Praxis. Unique intaglio print. Image size 33 x 47 cm. 1996

 Clouds and fog veil the peaks of mountains and rain drenched meadows connect wooden houses, that after a sudden break in the skies unexpectedly develop their magnificent color in the radiant sunlight. The blue sky allows a glimpse into eternity, the steely silver of the sea blinds the view of the horizon; everything is in movement. The mountains dance. The fish bleat like sheep. The sirens of the ships roll over the blue. The song of the wind draws a line. The colors play their own songs from above and below, from left to right. The green always becomes more green. The basalt stone forms a composition. The octopus arms of the fjords claw into the bottom of the sea. The creek collides with the ocean. Lines, forms, sounds, colors, sun and moon confer with one another secretly, whisperingly. A force field of concentrated energies. Clouds push into waves.

Praxis. Unique intaglio print. Image size 33 x 47 cm. 1996

 The Gesamtkunstwerk Nature is for Bjarne Werner Sørensen the musical score. He records it, interprets it, holds it close and returns it to the freedom in the future. His signs are simultaneously prose and poetry; they are evidence of the spiritual chaos and regulate the beauty of the unconscious. His signs are music that is determined by the feeling of perception, a perception that captures the magic of cooing, bleeping, shrieking, whizzing sounds in order to succeed in a visual transposition on paper or canvas.

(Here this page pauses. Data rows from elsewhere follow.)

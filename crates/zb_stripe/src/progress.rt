ghost use Rattle.zb_stripe.specs.declared.progress.Progress.{Progress};
ghost use Rattle.std.specs.Prelude.{◌≡◌, ◌≢◌, ℕ, Bool, List, [], ◌+◌, ◌-◌, ◌*◌, ◌<◌, ◌≤◌, IfOk, length, slice_index_or, true, false};
ghost use Rattle.zb_holding.specs.Exclusive.{xored};
ghost use Rattle.zb_stripe.specs.Reading.{
  reading,
  read_of,
  asked,
  entered,
  advanced,
  sought,
  index_of,
  place_of,
  len_of,
  gained,
  blocked_in,
  fed,
  is_lost,
  IsSound,
  OwnIsLost,
  IsCovered,
  CanRead,
  BringsBytes,
};

use crate::source::Source;
use std::alloc::Global;
use zb_layout::{Span, server_of};
use zb_parity::xor_into;
use zb_types::{ByteList, LenList, Mem, Request, Response, ServerId};

/// What is asked for a range of a share: the range itself, its parity, or another share that the parity covers into the
/// range. By then the lengths that the parity covers and the sum of what was answered are kept.
#[derive(Drop)]
pub enum Phase {
    Direct,
    Lengths,
    Others {
        lengths: LenList,
        sum: ByteList,
        index: u8,
    },
}

/// How far a read has come.
#[derive(Drop)]
pub(crate) struct Progress {
    pub(crate) read: ByteList,
    pub(crate) phase: Phase,
}

impl Progress {
    pub(crate) fn copy(&self, alloc: Global) -> Mem<Progress>
        ensures { IfOk result (λ made. made ≡ self.now) }
    {
        let read = self.read.copy(alloc)?;
        let phase = match &self.phase {
            Phase::Direct => Phase::Direct,
            Phase::Lengths => Phase::Lengths,
            Phase::Others {
                lengths,
                sum,
                index,
            } => Phase::Others {
                lengths: lengths.copy(alloc)?,
                sum: sum.copy(alloc)?,
                index: *index,
            },
        };
        Ok(Progress { read, phase })
    }
}

/// The range that is next, behind what is read: it has no bytes where all is read.
pub(crate) fn range(source: &Source, read: &ByteList) -> Span
    requires below { length read.now ≤ source.now.ptr.len }
    ensures index { result.index ≡ index_of (reading source.now [] read.now) }
    ensures place { result.place ≡ place_of (reading source.now [] read.now) }
    ensures len { result.len ≡ len_of (reading source.now [] read.now) }
{
    let pos = source.ptr.offset + read.len() as u32;
    let end = source.ptr.offset + source.ptr.len;
    let place = pos % source.geo.fragment;
    Span {
        index: (pos / source.geo.fragment) as u8,
        place,
        len: (end - pos).min(source.geo.fragment - place),
    }
}

/// Whether the server of fragment `k` is known to be out, down or blank.
pub(crate) fn is_lost(lost: &[bool], k: u8) -> bool
    ensures { result ≡ slice_index_or lost.now k false }
{
    match lost.get(usize::from(k)) {
        Some(lost) => *lost,
        None => false,
    }
}

/// Asks for the next range directly, but for its parity where its server is lost.
pub(crate) fn enter(source: &Source, lost: &[bool], read: ByteList) -> Progress
    requires below { length read ≤ source.now.ptr.len }
    ensures entered { read_of source.now lost.now result ≡ entered (reading source.now lost.now read) }
    ensures sound { IsSound (read_of source.now lost.now result) }
    ensures own { OwnIsLost (read_of source.now lost.now result) result.phase }
{
    let next = range(source, &read);
    let phase = if next.len > 0 && is_lost(lost, next.index) {
        Phase::Lengths
    } else {
        Phase::Direct
    };
    Progress { read, phase }
}

/// The bytes of a range are there.
fn advance(
    alloc: Global,
    source: &Source,
    lost: &[bool],
    read: &ByteList,
    bytes: &[u8],
) -> Mem<Progress>
    requires below { length read.now + length bytes.now ≤ source.now.ptr.len }
    ensures advanced { IfOk result
        (λ p. read_of source.now lost.now p ≡ advanced (reading source.now lost.now read.now) bytes.now) }
    ensures sound { IfOk result (λ p. IsSound (read_of source.now lost.now p)) }
    ensures own { IfOk result (λ p. OwnIsLost (read_of source.now lost.now p) p.phase) }
{
    let mut all = Vec::from_slice(alloc, read.slice())?;
    all.extend_from_slice(bytes)?;
    Ok(enter(source, lost, ByteList::of(all)))
}

/// The first share, from `from` on, that the parity covers into the range, or the parity's own index.
fn next_covered(source: &Source, read: &ByteList, lengths: &LenList, from: u8) -> u8
    requires below { length read.now ≤ source.now.ptr.len }
    requires count { length lengths.now ≡ source.now.geo.servers - 1 }
    requires first { from ≤ source.now.geo.servers - 1 }
    ensures within { result ≤ source.now.geo.servers - 1 }
    ensures covered { result < source.now.geo.servers - 1
        → IsCovered (reading source.now [] read.now) lengths.now result }
    ensures skipped { (lost : List Bool) (sum : List ℕ)
        → sought (reading source.now lost read.now) lengths.now sum (source.now.geo.servers - 1 - result)
        ≡ sought (reading source.now lost read.now) lengths.now sum (source.now.geo.servers - 1 - from) }
{
    let next = range(source, read);
    let own = next.index;
    let place = next.place;
    let lengths = lengths.slice();
    for k in from..source.parity() {
        if k != own && lengths[usize::from(k)] > place {
            return k;
        }
    }
    source.parity()
}

/// Asks the next share, from `from` on, that the parity covers into the range. Where there is none, the sum is the range.
fn seek(
    alloc: Global,
    source: &Source,
    lost: &[bool],
    read: &ByteList,
    lengths: &LenList,
    sum: ByteList,
    from: u8,
) -> Mem<Progress>
    requires below { length read.now < source.now.ptr.len }
    requires long { length sum ≡ len_of (reading source.now [] read.now) }
    requires count { length lengths.now ≡ source.now.geo.servers - 1 }
    requires first { from ≤ source.now.geo.servers - 1 }
    requires own { is_lost (reading source.now lost.now read.now) (index_of (reading source.now lost.now read.now)) ≡ true }
    ensures sought { IfOk result (λ p. read_of source.now lost.now p
        ≡ sought (reading source.now lost.now read.now) lengths.now sum (source.now.geo.servers - 1 - from)) }
    ensures sound { IfOk result (λ p. IsSound (read_of source.now lost.now p)) }
    ensures own { IfOk result (λ p. OwnIsLost (read_of source.now lost.now p) p.phase) }
{
    let index = next_covered(source, read, lengths, from);
    if index == source.parity() {
        return advance(alloc, source, lost, read, sum.slice());
    }
    let lengths = lengths.copy(alloc)?;
    let read = read.copy(alloc)?;
    let phase = Phase::Others {
        lengths,
        sum,
        index,
    };
    Ok(Progress { read, phase })
}

/// The sum of a range with another's bytes put in.
fn put_in(alloc: Global, sum: &ByteList, bytes: &ByteList) -> Mem<ByteList>
    requires { length bytes.now ≤ length sum.now }
    ensures { IfOk result (λ list. list ≡ xored sum.now bytes.now) }
{
    let mut all = Vec::from_slice(alloc, sum.slice())?;
    xor_into(&mut all, bytes.slice());
    Ok(ByteList::of(all))
}

/// Where an answer that brings bytes leads.
pub(crate) fn gather(
    alloc: Global,
    source: &Source,
    lost: &[bool],
    p: &Progress,
    response: &Response,
) -> Mem<Progress>
    requires sound { IsSound (read_of source.now lost.now p.now) }
    requires own { OwnIsLost (read_of source.now lost.now p.now) p.now.phase }
    requires can { CanRead (read_of source.now lost.now p.now) response.now }
    requires brings { BringsBytes response.now }
    ensures gathered { IfOk result
        (λ new. gained (read_of source.now lost.now p.now) (read_of source.now lost.now new)
        ≡ fed (read_of source.now lost.now p.now) response.now) }
    ensures sound { IfOk result (λ new. IsSound (read_of source.now lost.now new)) }
    ensures own { IfOk result (λ new. OwnIsLost (read_of source.now lost.now new) new.phase) }
{
    match response {
        Response::Bytes(bytes) => match &p.phase {
            Phase::Direct => advance(alloc, source, lost, &p.read, bytes.slice()),
            Phase::Others {
                lengths,
                sum,
                index,
            } => {
                let sum = put_in(alloc, sum, bytes)?;
                seek(alloc, source, lost, &p.read, lengths, sum, *index + 1)
            }
            Phase::Lengths => unreachable!(),
        },
        Response::Parity { lengths, bytes } => {
            let sum = bytes.copy(alloc)?;
            seek(alloc, source, lost, &p.read, lengths, sum, 0)
        }
        _ => unreachable!(),
    }
}

/// The request that stands.
pub(crate) fn ask(source: &Source, p: &Progress) -> Option<(ServerId, Request)>
    requires sound { IsSound (read_of source.now [] p.now) }
    ensures { result ≡ asked (read_of source.now [] p.now) }
{
    let next = range(source, &p.read);
    let (index, len) = match &p.phase {
        Phase::Direct => {
            if next.len == 0 {
                return None;
            }
            (next.index, next.len)
        }
        Phase::Lengths => (source.parity(), next.len),
        Phase::Others { lengths, index, .. } => {
            let reach = lengths.slice()[usize::from(*index)] - next.place;
            (*index, next.len.min(reach))
        }
    };
    let id = source.fragment(index);
    let request = Request::Retrieve {
        id,
        place: next.place,
        len,
    };
    Some((server_of(&source.geo, id), request))
}

/// The fragment that would be asked in place of the range's own, where its server is lost too.
pub(crate) fn blocked(source: &Source, lost: &[bool], p: &Progress) -> Option<u8>
    ensures { result ≡ blocked_in (read_of source.now lost.now p.now) p.now.phase }
{
    let stand_in = match &p.phase {
        Phase::Direct => return None,
        Phase::Lengths => source.parity(),
        Phase::Others { index, .. } => *index,
    };
    if is_lost(lost, stand_in) {
        Some(stand_in)
    } else {
        None
    }
}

Bjarne Werner Sørensen is an artist who is filled by his island world and who expresses this with excessive delight through his signs.

"Seachange", oil on linen, 90 x 130 cm, 1997

This article was published in the exhibition catalogue for Bjarne Werner Sørensen, “Seachange”, solo exhibition may - june 1997 at DCA Gallery, 420 West Broadway, New York.

Raffael Rheinsberg (1943 - 2016) was a german artist who Bjarne Werner Sørensen first met at Suomenlinna Artist Residence, Helsinki, in 1989 and later collaborated with on the Faroe Islands in the project “Far Out” 1996, where he made the installation Another Generation.